Write out again, exactly, the lines below starting at the one with "use asn1_numbers::number::big_int::BigInt;" and ending at the one with "pub fn bit_string(alloc: Global, octets: &[u8])".

○ ○ ○

//! Makers of blocks for writing. A block that is written needs no offset, so a maker takes what the block holds and no
//! offset; what it makes has offset 0. Text and bytes are copied, and items are moved. A maker that returns a `Result`
//! takes memory, and its only error is that memory ran out; [`implicit`] has others too. A maker of a time returns
//! `None` for what is no time.
ghost use Rattle.std.specs.Prelude.{◌≡◌, ◌≢◌, ◌⊎◌, ◌<◌, ◌≤◌, ◌*◌, ◌∷◌, [], ℕ, false, true, IfErr, IfNone, IfOk, IfSome, None, OnOk, Some, length, pos};
ghost use Rattle.std.specs.Str.{chars};
ghost use Rattle.asn1_blocks.specs.Faithful.{AreFaithful, IsFaithful};
ghost use Rattle.asn1_blocks.specs.Tree.{Trees, bit_string, boolean, explicit, generalized_time, group, integer, leaf, null, object_identifier, octet_string, shapes, text, unknown, utc_time};
ghost use Rattle.asn1_blocks.specs.View.{view, views};
ghost use Rattle.asn1_blocks.specs.declared.block.ASN1Block.{ASN1Block};
ghost use Rattle.asn1_blocks.specs.declared.block.GroupKind.TheVariants.{Sequence, Set};
ghost use Rattle.asn1_headers.specs.declared.error.ASN1EncodeErr.TheVariants.{OutOfMemory as no_memory};
ghost use Rattle.asn1_headers.specs.declared.header.ASN1Class.TheVariants.{Universal};
ghost use Rattle.asn1_leaves.specs.Contents.Moment.{IsValid, moment_of};
ghost use Rattle.asn1_leaves.specs.Contents.UtcTime.{IsFaithfulUtcTime};
ghost use Rattle.asn1_leaves.specs.StringKind.{ia5, printable, utf8};
ghost use Rattle.asn1_numbers.specs.Octets.{FitInSlice};
ghost use Rattle.asn1_numbers.specs.TwosComplement.{shortest_octets};
ghost use Rattle.asn1_writing.specs.Canonical.{all_canonical, canonical, first_write_fault, shortest_encoding, write_fault};
ghost use Rattle.simple_asn1.specs.HeldBlocks.{HoldsBlocksOf};
ghost use Rattle.simple_asn1.specs.Moments.{moment_with};
ghost use Rattle.simple_asn1.specs.Sets.{IsSetBy, tag_key};

use crate::sets::{by_encodings, by_tags};
use asn1_blocks::block::ASN1Block;
use asn1_blocks::held::HeldBlocks;
use asn1_blocks::postponed::explicit_block;
use asn1_blocks::read_loop::Attempt;
use asn1_headers::error::ASN1EncodeErr;
use asn1_headers::header::ASN1Class;
use asn1_headers::tags::ENUMERATED;
use asn1_leaves::oid::OID;
use asn1_numbers::number::big_int::BigInt;
use asn1_numbers::number::big_uint::BigUint;
use asn1_writing::write::write_all;
use jiff::civil::DateTime;
use std::alloc::{AllocError, Global};

/// A BOOLEAN.
///
/// ```rust
/// use simple_asn1::{ASN1Block, build};
///
/// // Written as `01 01 FF`.
/// fn yes() -> ASN1Block {
///     build::boolean(true)
/// }
/// ```
pub fn boolean(value: bool) -> ASN1Block
    ensures { view result ≡ leaf 0 (boolean value) }
{
    ASN1Block::Boolean(0, value)
}

/// An INTEGER.
///
/// ```rust
/// use simple_asn1::{ASN1Block, build};
/// use std::alloc::{AllocError, Global};
///
/// // Written as `02 01 05`.
/// fn five(alloc: Global) -> Result<ASN1Block, AllocError> {
///     build::integer(alloc, 5)
/// }
/// ```
pub fn integer(alloc: Global, number: i64) -> Result<ASN1Block, AllocError>
    ensures { IfOk result (λ b. view b ≡ leaf 0 (integer number)) }
{
    Ok(ASN1Block::Integer(0, BigInt::from_i64(alloc, number)?))
}

/// An INTEGER of any size.
///
/// ```rust
/// use simple_asn1::{ASN1Block, BigInt, build};
/// use std::alloc::{AllocError, Global};
///
/// // A serial number, given in two's complement: `01 00` is written as `02 02 01 00`.
/// fn serial_number(alloc: Global, bytes: &[u8]) -> Result<ASN1Block, AllocError> {
///     Ok(build::big_integer(BigInt::from_signed_bytes_be(alloc, bytes)?))
/// }
/// ```
pub fn big_integer(number: BigInt) -> ASN1Block
    ensures { view result ≡ leaf 0 (integer number) }
{
    ASN1Block::Integer(0, number)
}

/// A BIT STRING of all bits of the bytes, as a key or a signature is one. For other numbers of bits make
/// [`ASN1Block::BitString`] itself. More bytes than a `usize` can count bits of are taken as memory that ran out.
///
/// ```rust
/// use simple_asn1::{ASN1Block, build};
/// use std::alloc::{AllocError, Global};
///
/// // A public key: `04 1F` is written as `03 03 00 04 1F`.
/// fn key(alloc: Global, bytes: &[u8]) -> Result<ASN1Block, AllocError> {
///     build::bit_string(alloc, bytes)
/// }
/// ```
pub fn bit_string(alloc: Global, octets: &[u8]) -> Result<ASN1Block, AllocError>
    ensures { IfOk result (λ b. view b ≡ leaf 0 (bit_string (8 * length octets.now) octets.now)) }
{
    let Some(bits) = octets.len().checked_mul(8) else {
        return Err(AllocError);
    };
    Ok(ASN1Block::BitString(0, bits, Vec::from_slice(alloc, octets)?))
}

/// An OCTET STRING.
///
/// ```rust
/// use simple_asn1::{ASN1Block, build};
/// use std::alloc::{AllocError, Global};
///
/// // Written as `04 02 CA FE`.
/// fn octets(alloc: Global) -> Result<ASN1Block, AllocError> {
///     build::octet_string(alloc, &[0xCA, 0xFE])
/// }
/// ```
pub fn octet_string(alloc: Global, octets: &[u8]) -> Result<ASN1Block, AllocError>
    ensures { IfOk result (λ b. view b ≡ leaf 0 (octet_string octets.now)) }
{
    Ok(ASN1Block::OctetString(0, Vec::from_slice(alloc, octets)?))
}

/// A NULL.
///
/// ```rust
/// use simple_asn1::{ASN1Block, build};
///
/// // Written as `05 00`.
/// fn nothing() -> ASN1Block {
///     build::null()
/// }
/// ```
pub fn null() -> ASN1Block
    ensures { view result ≡ leaf 0 null }
{
    ASN1Block::Null(0)
}

/// An OBJECT IDENTIFIER.
///
/// ```rust
/// use simple_asn1::{ASN1Block, build, oid};
/// use std::alloc::{AllocError, Global};
///
/// // commonName of X.520, written as `06 03 55 04 03`.
/// fn common_name(alloc: Global) -> Result<ASN1Block, AllocError> {
///     Ok(build::object_identifier(oid!(alloc; 2, 5, 4, 3)?))
/// }
/// ```
pub fn object_identifier(identifier: OID) -> ASN1Block
    ensures { view result ≡ leaf 0 (object_identifier identifier) }
{
    ASN1Block::ObjectIdentifier(0, identifier)
}

/// A UTF8String.
///
/// ```rust
/// use simple_asn1::{ASN1Block, build};
/// use std::alloc::{AllocError, Global};
///
/// // Written as `0C 05 4A C3 B6 72 67`.
/// fn name(alloc: Global) -> Result<ASN1Block, AllocError> {
///     build::utf8_string(alloc, "Jörg")
/// }
/// ```
pub fn utf8_string(alloc: Global, characters: &str) -> Result<ASN1Block, AllocError>
    ensures { IfOk result (λ b. view b ≡ leaf 0 (text utf8 (chars characters.now))) }
{
    Ok(ASN1Block::UTF8String(0, String::from_str(alloc, characters)?))
}

/// A PrintableString. It comes back only if its characters are among the 74 of X.680 table 10;
/// [`to_der_faithful`](crate::to_der_faithful) rejects any other, such as `*`, `@` and `&`.
///
/// ```rust
/// use simple_asn1::{ASN1Block, build};
/// use std::alloc::{AllocError, Global};
///
/// // Written as `13 02 44 45`.
/// fn name(alloc: Global) -> Result<ASN1Block, AllocError> {
///     build::printable_string(alloc, "DE")
/// }
/// ```
pub fn printable_string(alloc: Global, characters: &str) -> Result<ASN1Block, AllocError>
    ensures { IfOk result (λ b. view b ≡ leaf 0 (text printable (chars characters.now))) }
{
    Ok(ASN1Block::PrintableString(0, String::from_str(alloc, characters)?))
}

/// An IA5String. A character above 255 cannot be written.
///
/// ```rust
/// use simple_asn1::{ASN1Block, build};
/// use std::alloc::{AllocError, Global};
///
/// // Written as `16 03 61 40 62`.
/// fn name(alloc: Global) -> Result<ASN1Block, AllocError> {
///     build::ia5_string(alloc, "a@b")
/// }
/// ```
pub fn ia5_string(alloc: Global, characters: &str) -> Result<ASN1Block, AllocError>
    ensures { IfOk result (λ b. view b ≡ leaf 0 (text ia5 (chars characters.now))) }
{
    Ok(ASN1Block::IA5String(0, String::from_str(alloc, characters)?))
}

○ ○ ○

**THE COMPLETED TASK:**
use asn1_numbers::number::big_int::BigInt;
use asn1_numbers::number::big_uint::BigUint;
use asn1_writing::write::write_all;
use jiff::civil::DateTime;
use std::alloc::{AllocError, Global};

/// A BOOLEAN.
///
/// ```rust
/// use simple_asn1::{ASN1Block, build};
///
/// // Written as `01 01 FF`.
/// fn yes() -> ASN1Block {
///     build::boolean(true)
/// }
/// ```
pub fn boolean(value: bool) -> ASN1Block
    ensures { view result ≡ leaf 0 (boolean value) }
{
    ASN1Block::Boolean(0, value)
}

/// An INTEGER.
///
/// ```rust
/// use simple_asn1::{ASN1Block, build};
/// use std::alloc::{AllocError, Global};
///
/// // Written as `02 01 05`.
/// fn five(alloc: Global) -> Result<ASN1Block, AllocError> {
///     build::integer(alloc, 5)
/// }
/// ```
pub fn integer(alloc: Global, number: i64) -> Result<ASN1Block, AllocError>
    ensures { IfOk result (λ b. view b ≡ leaf 0 (integer number)) }
{
    Ok(ASN1Block::Integer(0, BigInt::from_i64(alloc, number)?))
}

/// An INTEGER of any size.
///
/// ```rust
/// use simple_asn1::{ASN1Block, BigInt, build};
/// use std::alloc::{AllocError, Global};
///
/// // A serial number, given in two's complement: `01 00` is written as `02 02 01 00`.
/// fn serial_number(alloc: Global, bytes: &[u8]) -> Result<ASN1Block, AllocError> {
///     Ok(build::big_integer(BigInt::from_signed_bytes_be(alloc, bytes)?))
/// }
/// ```
pub fn big_integer(number: BigInt) -> ASN1Block
    ensures { view result ≡ leaf 0 (integer number) }
{
    ASN1Block::Integer(0, number)
}

/// A BIT STRING of all bits of the bytes, as a key or a signature is one. For other numbers of bits make
/// [`ASN1Block::BitString`] itself. More bytes than a `usize` can count bits of are taken as memory that ran out.
///
/// ```rust
/// use simple_asn1::{ASN1Block, build};
/// use std::alloc::{AllocError, Global};
///
/// // A public key: `04 1F` is written as `03 03 00 04 1F`.
/// fn key(alloc: Global, bytes: &[u8]) -> Result<ASN1Block, AllocError> {
///     build::bit_string(alloc, bytes)
/// }
/// ```
pub fn bit_string(alloc: Global, octets: &[u8]) -> Result<ASN1Block, AllocError>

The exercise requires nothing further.